What you will do: For this exercise, reproduce the entries below exactly, but only from the line containing "(named field).bits ≤" through the line containing "PrintedForm::Ipv4 => print_ipv4(out, value", both included.
====================
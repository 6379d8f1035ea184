ghost use Rattle.std.specs.Prelude.{◌≡◌, ◌<◌, ◌≤◌, ◌^◌, ◌++◌, OnOk, OnErr, string_bytes};
ghost use Rattle.std.specs.Option.{option_map};
ghost use Rattle.spec_base.specs.Bits.{all_bits};
ghost use Rattle.spec_actions.specs.Named.{named};
ghost use Rattle.spec_flow_text.specs.Printed as printed;
ghost use Rattle.text_numbers.specs.Added.{Adds};
ghost use Rattle.field_text.specs.Views.{bits_view, Fits};
ghost use Rattle.field_text.specs.PrintedForms.{form_view, width_of_form};

use crate::values::{Bits, bits_of};
use spec_actions::NamedField;
use std::alloc::AllocError;
use text_numbers::{
    print_decimal, print_hexadecimal, print_hexadecimal4, print_ipv4, print_ipv4_mask, print_ipv6,
    print_ipv6_mask, print_mac,
};

// How the values of a field are printed.
#[derive(Clone, Copy)]
pub enum PrintedForm {
    Decimal,
    Hexadecimal,
    FourDigits,
    Mac,
    Ipv4,
    Ipv6,
    Fragment,
}

// The form in which a named field is printed: that of its field, where it is all of it.
fn printed_form(field: NamedField) -> PrintedForm
    ensures form { form_view result ≡ printed.printed_form field }
    ensures wide { (named field).bits ≤ width_of_form (form_view result) }
{
    match field {
        NamedField::Metadata
        | NamedField::Reg0
        | NamedField::Reg1
        | NamedField::Reg2
        | NamedField::Reg3
        | NamedField::Reg4
        | NamedField::Reg5
        | NamedField::Reg6
        | NamedField::Reg7
        | NamedField::Reg8
        | NamedField::Reg9
        | NamedField::Reg10
        | NamedField::Reg11
        | NamedField::Reg12
        | NamedField::Reg13
        | NamedField::Reg14
        | NamedField::Reg15 => PrintedForm::Hexadecimal,
        NamedField::DlSrc | NamedField::DlDst | NamedField::ArpSha | NamedField::ArpTha => {
            PrintedForm::Mac
        }
        NamedField::DlType
        | NamedField::VlanTci
        | NamedField::VlanTpid
        | NamedField::VlanTci2
        | NamedField::VlanTpid2 => PrintedForm::FourDigits,
        NamedField::NwSrc | NamedField::NwDst | NamedField::ArpSpa | NamedField::ArpTpa => {
            PrintedForm::Ipv4
        }
        NamedField::Ipv6Src | NamedField::Ipv6Dst => PrintedForm::Ipv6,
        NamedField::IpFrag => PrintedForm::Fragment,
        _ => PrintedForm::Decimal,
    }
}

// The word for the kind of a fragment, if there is one.
fn fragment_word(bits: Bits) -> Option<&'static str>
    ensures { option_map (λ word. word.now) result ≡ printed.fragment_word (bits_view bits) }
{
    match (bits.value, bits.mask) {
        (0, 3) => Some("no"),
        (1, 3) => Some("first"),
        (3, 3) => Some("later"),
        (1, 1) => Some("yes"),
        (0, 2) => Some("not_later"),
        _ => None,
    }
}

// A whole value.
fn print_whole(out: &mut String, form: PrintedForm, value: u128) -> Result<(), AllocError>
    requires { value < 2 ^ width_of_form (form_view form) }
    ensures { Adds out.old out.new (printed.value_text (form_view form) value) result }
{
    match form {
        PrintedForm::Decimal => print_decimal(out, value),
        PrintedForm::Hexadecimal | PrintedForm::Fragment => print_hexadecimal(out, value),
        PrintedForm::FourDigits => print_hexadecimal4(out, value as u16),
        PrintedForm::Mac => print_mac(out, value as u64),
        PrintedForm::Ipv4 => print_ipv4(out, value as u32),
        PrintedForm::Ipv6 => print_ipv6(out, value),
    }
}

// A value beside its mask.
fn print_masked(out: &mut String, form: PrintedForm, value: u128) -> Result<(), AllocError>
    requires { value < 2 ^ width_of_form (form_view form) }
    ensures { Adds out.old out.new (printed.masked_text (form_view form) value) result }
{
    match form {
        PrintedForm::Decimal => print_hexadecimal(out, value),
        _ => print_whole(out, form, value),
    }
}

fn print_mask(out: &mut String, form: PrintedForm, mask: u128) -> Result<(), AllocError>
    requires { mask < 2 ^ width_of_form (form_view form) }
    ensures { Adds out.old out.new (printed.mask_text (form_view form) mask) result }
{
    match form {
        PrintedForm::Ipv4 => print_ipv4_mask(out, mask as u32),
        PrintedForm::Ipv6 => print_ipv6_mask(out, mask),
        _ => print_masked(out, form, mask),
    }
}

// A value, and its mask where that isn't full.
fn print_value_and_mask(
    out: &mut String,
    form: PrintedForm,
    full: u128,
    bits: Bits,
) -> Result<(), AllocError>
    requires value { bits.value < 2 ^ width_of_form (form_view form) }
    requires mask { bits.mask < 2 ^ width_of_form (form_view form) }
    ensures { Adds out.old out.new
        (printed.value_and_mask (form_view form) full (bits_view bits)) result }
{
    if bits.mask == full {
        return print_whole(out, form, bits.value);
    }
    print_masked(out, form, bits.value)?;
    out.push('/')?;
    print_mask(out, form, bits.mask)
}

fn print_fragment(out: &mut String, full: u128, bits: Bits) -> Result<(), AllocError>
    requires value { bits.value < 2 ^ 128 }
    requires mask { bits.mask < 2 ^ 128 }
    ensures { Adds out.old out.new
        (printed.value_of_form (form_view PrintedForm.Fragment) full (bits_view bits)) result }
{
    match fragment_word(bits) {
        Some(word) => out.push_str(word),
        None => print_value_and_mask(out, PrintedForm::Fragment, full, bits),
    }
}

/// Adds a value of a named field, and its mask where that isn't full.
#[tactic(auto, unfolding(spec_flow_text::specs::Printed::value_in_text))]
pub fn print_value(out: &mut String, field: NamedField, bits: Bits) -> Result<(), AllocError>
    requires { Fits field bits }
    ensures { Adds out.old out.new (printed.value_in_text field (bits_view bits)) result }
{
    let full = bits_of(field);
    match printed_form(field) {
        PrintedForm::Fragment => print_fragment(out, full, bits),
        form => print_value_and_mask(out, form, full, bits),
    }
}
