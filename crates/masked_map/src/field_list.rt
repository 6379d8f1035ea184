/// The one list of the compact fields, in the order of the key: of each its name as a `FieldId` and in `CompactFields`, and
/// its type there. `with_compact!(made(a, b))` calls the macro `made` with its own arguments and then the list.
macro_rules! with_compact {
    ($made:ident $arguments:tt) => {
        $made!(
            $arguments
            [InPort in_port u16]
            [DlSrc dl_src u64]
            [DlDst dl_dst u64]
            [DlType dl_type u16]
            [VlanTci vlan_tci u16]
            [NwSrc nw_src u32]
            [NwDst nw_dst u32]
            [NwProto nw_proto u8]
            [NwTos nw_tos u8]
            [NwTtl nw_ttl u8]
            [IpFrag ip_frag u8]
            [TpSrc tp_src u16]
            [TpDst tp_dst u16]
            [VlanTpid vlan_tpid u16]
        )
    };
}

/// The same with the wide fields, by their names as a `FieldId`.
macro_rules! with_wide {
    ($made:ident $arguments:tt) => {
        $made!(
            $arguments
            Metadata Reg0 Reg1 Reg2 Reg3 Reg4 Reg5 Reg6 Reg7 Reg8 Reg9 Reg10 Reg11 Reg12 Reg13 Reg14 Reg15
            Ipv6Src Ipv6Dst ArpSha ArpTha VlanTci2 VlanTpid2
        )
    };
}

pub(crate) use with_compact;
pub(crate) use with_wide;
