//! Fields of flows as texts: their names, their values, and what an item states of them.
//!
//! # What?
//!
//! `nw_dst=10.0.0.0/8` names a field and gives it bits. This crate knows the names of the flow text, of fields, of other
//! items and of actions (ovs-fields(7), ovs-ofctl(8), ovs-actions(7)), and the form in which each field has its values.
//! Readers of matches and of actions stand on it, and so does what prints them.
//!
//! # What is promised
//!
//! - A name means what the tables of `spec_flow_text` say, one that is known and left out is told from one that is
//!   unknown, and `name_of` is the name that is printed. `own_name` is the one that a field of the key has by itself. The
//!   type of a VLAN tag and an inner tag have names that are printed alone: `field_named` never answers their fields.
//! - `read_value` reads a value and its mask exactly where the definition has one. Both are within the bits of the name.
//! - `field_stated` and `vlan_stated` are the bits of a field of the key that an item of a match states, with what they
//!   need of the flow. They are within the field, and the value within its mask.
//! - `print_value` adds the text of a value that the definition gives, and `print_list` the texts of items with commas
//!   between them, or `drop`. Where memory runs out the text begins with what it was. `within_mask` is what is written of
//!   bits: those outside the mask are 0.
//! - `next_word` is the first word of a stretch of a line, and what stands behind it, whichever bytes stand between words.
//! - A `Word` knows that its columns are numbers of 32 bits, and `text_from` gives the text of a line without its comment,
//!   or the column of its first byte that isn't ASCII.
//! - No reader takes memory.
//!
//! # How
//!
//! Each table of the definitions is one in code, and a name is compared with each row in turn. A comparison begins with
//! the lengths, so a look-up costs little more than a walk over them. Fields are many, and each item of a flow is looked up
//! among them: a name in lower case is compared with the names of those fields alone that have one with its first letter.
//!
//! # What is left to others
//!
//! Numbers and addresses (`text_numbers`), where names stand in the packet (`named_fields`), and all that goes over more
//! than one item.
#![tactic(auto)]

mod action_names;
mod fields;
mod items;
mod line;
mod lines;
mod listing;
mod next_words;
mod own_names;
mod parts;
mod printing;
mod protocols;
mod values;
mod words;

pub use action_names::{
    action_named, begins_with_digit, is_left_out_as_field, reserved_port_named,
};
pub use fields::{field_named, name_of};
pub use items::{item_named, word_of};
pub use line::Word;
pub use lines::{is_separator, is_white, text_from, uncommented};
pub use listing::{ItemPrinter, print_list};
pub use next_words::{Gap, Separators, WhiteSpace, first_word, next_word};
pub use own_names::own_name;
pub use parts::{field_stated, protocol_part, type_part, vlan_stated};
pub use printing::print_value;
pub use protocols::{
    ARP_TYPE, ICMP_PROTOCOL, ICMP6_PROTOCOL, IPV4_TYPE, IPV6_TYPE, TCP_PROTOCOL, UDP_PROTOCOL,
};
pub use spec_flow_text::{
    ActionName, ItemName, MatchPrerequisite, Part, Shorthand, TagPart, TextFault, ValueForm,
};
pub use values::{Bits, read_value, read_whole_value, within_mask};
pub use words::meaning_of;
====================
Your response:
    ensures wide { (named field).bits ≤ width_of_form (form_view result) }
{
    match field {
        NamedField::Metadata
        | NamedField::Reg0
        | NamedField::Reg1
        | NamedField::Reg2
        | NamedField::Reg3
        | NamedField::Reg4
        | NamedField::Reg5
        | NamedField::Reg6
        | NamedField::Reg7
        | NamedField::Reg8
        | NamedField::Reg9
        | NamedField::Reg10
        | NamedField::Reg11
        | NamedField::Reg12
        | NamedField::Reg13
        | NamedField::Reg14
        | NamedField::Reg15 => PrintedForm::Hexadecimal,
        NamedField::DlSrc | NamedField::DlDst | NamedField::ArpSha | NamedField::ArpTha => {
            PrintedForm::Mac
        }
        NamedField::DlType
        | NamedField::VlanTci
        | NamedField::VlanTpid
        | NamedField::VlanTci2
        | NamedField::VlanTpid2 => PrintedForm::FourDigits,
        NamedField::NwSrc | NamedField::NwDst | NamedField::ArpSpa | NamedField::ArpTpa => {
            PrintedForm::Ipv4
        }
        NamedField::Ipv6Src | NamedField::Ipv6Dst => PrintedForm::Ipv6,
        NamedField::IpFrag => PrintedForm::Fragment,
        _ => PrintedForm::Decimal,
    }
}

// The word for the kind of a fragment, if there is one.
fn fragment_word(bits: Bits) -> Option<&'static str>
    ensures { option_map (λ word. word.now) result ≡ printed.fragment_word (bits_view bits) }
{
    match (bits.value, bits.mask) {
        (0, 3) => Some("no"),
        (1, 3) => Some("first"),
        (3, 3) => Some("later"),
        (1, 1) => Some("yes"),
        (0, 2) => Some("not_later"),
        _ => None,
    }
}

// A whole value.
fn print_whole(out: &mut String, form: PrintedForm, value: u128) -> Result<(), AllocError>
    requires { value < 2 ^ width_of_form (form_view form) }
    ensures { Adds out.old out.new (printed.value_text (form_view form) value) result }
{
    match form {
        PrintedForm::Decimal => print_decimal(out, value),
        PrintedForm::Hexadecimal | PrintedForm::Fragment => print_hexadecimal(out, value),
        PrintedForm::FourDigits => print_hexadecimal4(out, value as u16),
        PrintedForm::Mac => print_mac(out, value as u64),
        PrintedForm::Ipv4 => print_ipv4(out, value as u32),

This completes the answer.